In FIGS. 19A-19I, as illustrated in FIG. 19A, the pressure plate 114 may be placed directly under a bag 110 newly installed from the roll 102 and under the hexagonal head 108. The sealing mechanism 112 may be in an open position. As illustrated in FIG. 19B, the spring-loaded multipurpose stack organizer 1800, during a cash accumulation cycle, moves the accumulated stack downward progressively. This allows the top to remain a relatively constant distance from the bill dropping chamber 124, keeping the distance that individual bank notes have to travel relatively short and on a largely constant path, improving the operation of the system. Here, the constant trajectory creates a predictable behavior of the note entering the system, as all banknotes travel an approximately similar distance. This prevents banknotes from turning over or flying around and sticking to one side, thus reducing the quality of the stack.

Additionally, the spring-loaded multipurpose stack organizer 1800 could also be used to vibrate the lifter 116 and pressure plate 114 to shake the stack. These shakes can rearrange the bills and improve the quality of the stack.

In addition to moving and organizing the stack during operation, the spring-loaded multipurpose stack organizer 1800 can also assist in the sealing of the bag 110. After initiating the sealing process, the lifter moves downward to make room for the mechanism. 112 spring-loaded top seal, as illustrated in FIG. 19C. Once there is sufficient space, the arms of the spring-loaded sealing mechanism 112 rotate to close the top of the bag 110, as illustrated in FIG. 19D. The top of the bag 110 is flattened by the hexagonal head 108 which is also flattened. When the force of the elevator 116 equals the preloaded compression force of the stack, the elevator 116 will approach the pressure plate 114, causing the pressure plate 114 to move back and compress the stack of bills. Additionally, this compression of the stack also pushes excess air out of bag 110. This removal of excess air from bag 110 reduces the need for a large vacuum pump. The 1802 springs help achieve a minimum specific weight (such as, but not limited to, twenty kilograms) of stack compression.

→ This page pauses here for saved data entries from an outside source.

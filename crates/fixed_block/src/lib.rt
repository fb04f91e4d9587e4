// Fixed blocks (GOST 17422-82; document 02, card 11): content bytes, then their check by one of three polynomials. `write_fixed` makes
// the block of a content, `read_fixed` judges a block and gives its content, both in a lent output. Every input is taken. What does
// not pass a question is refused with document 02's number and leaves every byte of the output; a success changes only the bytes of
// the block or of the content.
#![tactic(auto)]

// The polynomials, by their degrees.
#[derive(Clone, Copy)]
pub enum Polynomial {
    Degree8,
    Degree16,
    Degree24,
}

#[derive(Clone, Copy)]
pub enum FixedWriteRefusal {
    // 64: no content byte
    NoContent,
    // 65: the block would be over its length
    TooLong,
    // 6: the output is shorter than the block; the bytes needed
    OutputShort(usize),
}

#[derive(Clone, Copy)]
pub enum FixedReadRefusal {
    // 64: no content byte beside the check
    NoContent,
    // 65: the block is over its length
    TooLong,
    // 18: the check is not that of the content
    WrongCheck,
    // 19: the output is shorter than the content; the bytes needed
    OutputShort(usize),
}

mod check;
mod lengths;
mod read;
mod write;

pub use read::read_fixed;
pub use write::write_fixed;
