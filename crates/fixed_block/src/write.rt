// Writing a fixed block: questions 64, 65 and 6, then its bytes.
ghost use Rattle.std.specs.Prelude.{◌≡◌, ◌≤◌, ◌+◌, ◌++◌, length, drop};
ghost use Rattle.bits.specs.Calls.{called};
ghost use Rattle.fixed_block.specs.Block.{parameters, check_length, block_of, write_call};
ghost use Rattle.fixed_block.specs.Answers.{written};

use crate::check::check_of;
use crate::lengths::{check_length, limit};
use crate::{FixedWriteRefusal, Polynomial};

// The block at the start of the output.
fn put_block(polynomial: Polynomial, content: &[u8], out: &mut [u8])
    requires room { length content.now + check_length (parameters polynomial) ≤ length out.old }
    ensures { out.new ≡ block_of (parameters polynomial) content.now ++ drop (length content.now + check_length (parameters polynomial)) out.old }
{
    let n = content.len();
    let k = check_length(polynomial);
    let sent = check_of(polynomial, content);
    out[..n].copy_from_slice(content);
    out[n..n + k].copy_from_slice(&sent[..k]);
}

// The block of a content. The answer is its length.
pub fn write_fixed(
    polynomial: Polynomial,
    content: &[u8],
    out: &mut [u8],
) -> Result<usize, FixedWriteRefusal>
    ensures { called (written result) out.new ≡ write_call polynomial content.now out.old }
{
    let k = check_length(polynomial);
    if content.len() < 1 {
        return Err(FixedWriteRefusal::NoContent);
    }
    if limit(polynomial) - k < content.len() {
        return Err(FixedWriteRefusal::TooLong);
    }
    let needed = content.len() + k;
    if out.len() < needed {
        return Err(FixedWriteRefusal::OutputShort(needed));
    }
    put_block(polynomial, content, &mut *out);
    Ok(needed)
}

After removing excess air from the bag 110, the spring-loaded top sealing mechanism 112 seals the top of the bag 110. This connection between the movement of the lifter 116 and the spring-loaded top sealing mechanism 112 can be synchronized using electromechanical, optical, electronic or mechanical sensors or relays.

As illustrated in FIG. 19F, the risers 116 move upward and activate the vacuum head 1806 with a bag piercing system and may include a blade 1902. The risers 116 and pressure plate 114 may be shaped such that the risers 116 and the pressure plate 114 rotate at right angles. The pressure plate 114 may have two vertical portions 1904 that extend along a portion of the length of the bag 110 from the roll 102. The vertical portions 1904 terminate by meeting two horizontal portions 1906 of the pressure plate 114. , creating right angles at the points where the vertical parts 1904 and the two horizontal parts 1906 meet. The two horizontal parts 1906 extend in opposite directions from the center of the spring-loaded multipurpose battery organizer 1800, away from the bag 110, providing a platform for the bag and stack of banknotes to sit on the pressure plate 114.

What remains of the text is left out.